Absolutely devastated to hear this... Kempton is one of my favourite jumps tracks and to hear they are letting it go to build houses is dreadful news.

https://www.theguardian.com/sport/2...set-to-be-bulldozed-housing-jockey-club-plans


----------



## Goldenstar (10 January 2017)

How sad they are building everywhere round here and I can see that racecourses close in to cities would be a easy place to develop.


----------



## Wimbles (10 January 2017)

That's really sad news.  All that history and those memories of Dessie, Kauto etc.

Seems that we'll have soon have somewhere for everyone to live but nothing for anyone to do.....


----------



## The Fuzzy Furry (10 January 2017)

Its all over the local news & radio stations, huge shame


----------



## Clodagh (10 January 2017)

I do prefer Sandown, as a track, but so sad, such a piece of history lost.


----------



## hobo (10 January 2017)

Very sad to hear this. I have a very different memory of Kempton we used to ride our horses in the wood just at the side of the course if a course car saw us they would not be pleased. It was fun trying to get out of the wood after the horses had thundered past without being taken out by a tree! Oh to be young and so very foolish again.


----------



## Elf On A Shelf (10 January 2017)

Gutted! Newmarket will get a new beach donkey derby track. But we lose an iconic jumps track in the process.

I just hope they don't turn it into a jakey housing scheme!


----------



## Fools Motto (10 January 2017)

Shocked.
Isn't Dessie buried there?


----------



## teapot (10 January 2017)

Fools Motto said:



			Shocked.
Isn't Dessie buried there?
		
Click to expand...

His ashes are scattered close to his statue I think. 

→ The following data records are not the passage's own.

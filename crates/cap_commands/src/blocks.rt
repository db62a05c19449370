//! `capt blocks`, in text and in JSON: one line for each block of a pcapng file, as it is found.
ghost use Rattle.std.specs.Prelude.{◌≡◌, ◌∷◌, [], IfOk, IsTrue, OnOk};
ghost use Rattle.cap_blocks.specs.inner.Reader.{GivesNextBlock, TakesBlock, blocks_to_come};
ghost use Rattle.cap_commands.specs.inner.BlockWalk.{WalksBlocks};
ghost use Rattle.cap_commands.specs.BlockText.{block_line, block_lines, block_list, block_list_in, block_list_json};
ghost use Rattle.cap_commands.specs.BlockText.{block_cut, block_refusal, blocks_cut, blocks_refusal};
ghost use Rattle.cap_commands.specs.Left.{done_of};
ghost use Rattle.cap_bytes.specs.Items.{cut_by};
ghost use Rattle.cap_bytes.specs.Device.{WriterKeeps, writer_of};
ghost use Rattle.cap_bytes.specs.Printing.{Prints, is_write};
ghost use Rattle.cap_bytes.specs.inner.Reader.{ReaderKeeps};
ghost use Rattle.cap_source.specs.ReadFaults.{FailsOf};

use crate::left::without_cut;
use crate::lines::write_block;
use cap_blocks::{Block, BlockReader};
use cap_bytes::{CutRest, Fault, Sink, Source, Tail, Window, put_all};
use cap_print::{Form, Line, TimeForm};
use std::alloc::Global;

/// The next block, as `next_block` returns it. Most are packets that the window shows already: to take one of these
/// costs less.
#[inline(always)]
pub fn take_block<R: Source>(reader: &mut BlockReader<R>) -> Result<Option<Block>, Fault>
    ensures answer { GivesNextBlock reader.old result reader.new }
    ensures keeps { ReaderKeeps reader.old reader.new }
    ensures items { IsTrue reader.old.told → TakesBlock reader.old result reader.new }
{
    match reader.take_packet() {
        Some(block) => Ok(Some(block)),
        None => reader.next_block(),
    }
}

// Prints the blocks that a reader still gives in a form, the first of which has the number 1.
fn print_blocks<R: Source, W: Sink>(
    reader: &mut BlockReader<R>,
    form: Form,
    writer: &mut W,
) -> Result<(), Fault>
    ensures text { IsTrue reader.old.told → IsTrue (W.tells_held writer.old)
        → Prints (block_lines (block_line form) 1 (blocks_to_come reader.old))
        (blocks_refusal (blocks_to_come reader.old)) (W.held writer.old) result (W.held writer.new) }
    ensures writer { WriterKeeps (writer_of W.Sink writer.old) (is_write result) (writer_of W.Sink writer.new) }
    ensures walks { WalksBlocks reader.old result reader.new }
    ensures cut { OnOk result (IsTrue reader.old.told
        → cut_by reader.new.stop ≡ blocks_cut (blocks_to_come reader.old)) }
{
    let mut line = Line::new();
    let mut n = 1u64;
    while let Some(block) = take_block(reader)? {
        write_block(&mut line, form, n, &block);
        put_all(writer, line.as_slice())?;
        n += 1;
    }
    Ok(())
}

/// Does what `blocks_to` or `blocks_json_to` does, by the form, and returns the rest of the file that was cut and
/// dropped, if it was.
pub(crate) fn blocks_in<R: Source, W: Sink>(
    alloc: Global,
    source: R,
    tail: Tail,
    form: Form,
    writer: &mut W,
) -> Result<Option<CutRest>, Fault>
    ensures text { IsTrue (R.tells_coming source) → IsTrue (W.tells_held writer.old)
        → Prints (block_list_in form tail (R.coming source)) (block_refusal tail (R.coming source))
        (W.held writer.old) (done_of result) (W.held writer.new) }
    ensures writer { WriterKeeps (writer_of W.Sink writer.old) (is_write result) (writer_of W.Sink writer.new) }
    ensures read { FailsOf (R.can_fail source ∷ []) result }
    ensures cut { IfOk result (λ cut. IsTrue (R.tells_coming source) → cut ≡ block_cut tail (R.coming source)) }
{
    let mut reader = BlockReader::new(Window::new(alloc, source, 1), tail);
    print_blocks(&mut reader, form, writer)?;
    Ok(reader.cut())
}

/// Prints a line for each block of a pcapng file, each as it is found, up to the first refusal, which it returns. It
/// returns `Read` if a read fails, `Write` if a write does, `Memory` if a growth is refused; then a prefix of those
/// lines is written.
pub fn blocks_to<R: Source, W: Sink>(
    alloc: Global,
    source: R,
    tail: Tail,
    writer: &mut W,
) -> Result<(), Fault>
    ensures text { IsTrue (R.tells_coming source) → IsTrue (W.tells_held writer.old)
        → Prints (block_list tail (R.coming source)) (block_refusal tail (R.coming source))
        (W.held writer.old) result (W.held writer.new) }
    ensures writer { WriterKeeps (writer_of W.Sink writer.old) (is_write result) (writer_of W.Sink writer.new) }
    ensures read { FailsOf (R.can_fail source ∷ []) result }
{
    without_cut(blocks_in(alloc, source, tail, Form::Text(TimeForm::Exact), writer))
}

/// Prints a JSON object on a line of its own for each block of a pcapng file, each as it is found, up to the first
/// refusal, which it returns. It returns `Read` if a read fails, `Write` if a write does, `Memory` if a growth is
/// refused; then a prefix of those lines is written.
pub fn blocks_json_to<R: Source, W: Sink>(
    alloc: Global,
    source: R,
    tail: Tail,
    writer: &mut W,
) -> Result<(), Fault>
    ensures text { IsTrue (R.tells_coming source) → IsTrue (W.tells_held writer.old)
        → Prints (block_list_json tail (R.coming source)) (block_refusal tail (R.coming source))
        (W.held writer.old) result (W.held writer.new) }
    ensures writer { WriterKeeps (writer_of W.Sink writer.old) (is_write result) (writer_of W.Sink writer.new) }
    ensures read { FailsOf (R.can_fail source ∷ []) result }
{
    without_cut(blocks_in(alloc, source, tail, Form::Json(TimeForm::Exact), writer))
}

What a shame for jump racing.


----------



## popsdosh (10 January 2017)

Clodagh said:



			I do prefer Sandown, as a track, but so sad, such a piece of history lost.
		
Click to expand...

Personally would watch this space!! Heard it might happen 6 months ago . People want houses near their work better there than open countryside there used to be several race tracks around London that nobody would know had been there now.


----------



## millhouse (10 January 2017)

Apparently racing will continue at Kempton until 2021.  Let's hope insufficient funds are raised and racing will continue at the Park.  Simply cannot imagine Boxing Day without Kempton and the George


----------



## dizzyneddy (10 January 2017)

l'm another one totally shocked especially as it's a track that is full of history. l know they have to put housing somewhere but l feel that so much land is being taken for out of town shopping & industrial developments etc. Why can't councils concentrate on regenerating areas or buildings that have already have or were in residential use instead of targeting greenbelt areas. In kemptons case l just think they want to generate money but if that racecourse is lost there's more than just a racetrack gone very sad indeed


----------



## teapot (10 January 2017)

popsdosh said:



			Personally would watch this space!! Heard it might happen 6 months ago . People want houses near their work better there than open countryside there used to be several race tracks around London that nobody would know had been there now.
		
Click to expand...

Not just London http://www.bbc.co.uk/news/uk-england-32796143


----------



## Tyssandi (10 January 2017)

Shadowdancing said:



			Absolutely devastated to hear this... Kempton is one of my favourite jumps tracks and to hear they are letting it go to build houses is dreadful news.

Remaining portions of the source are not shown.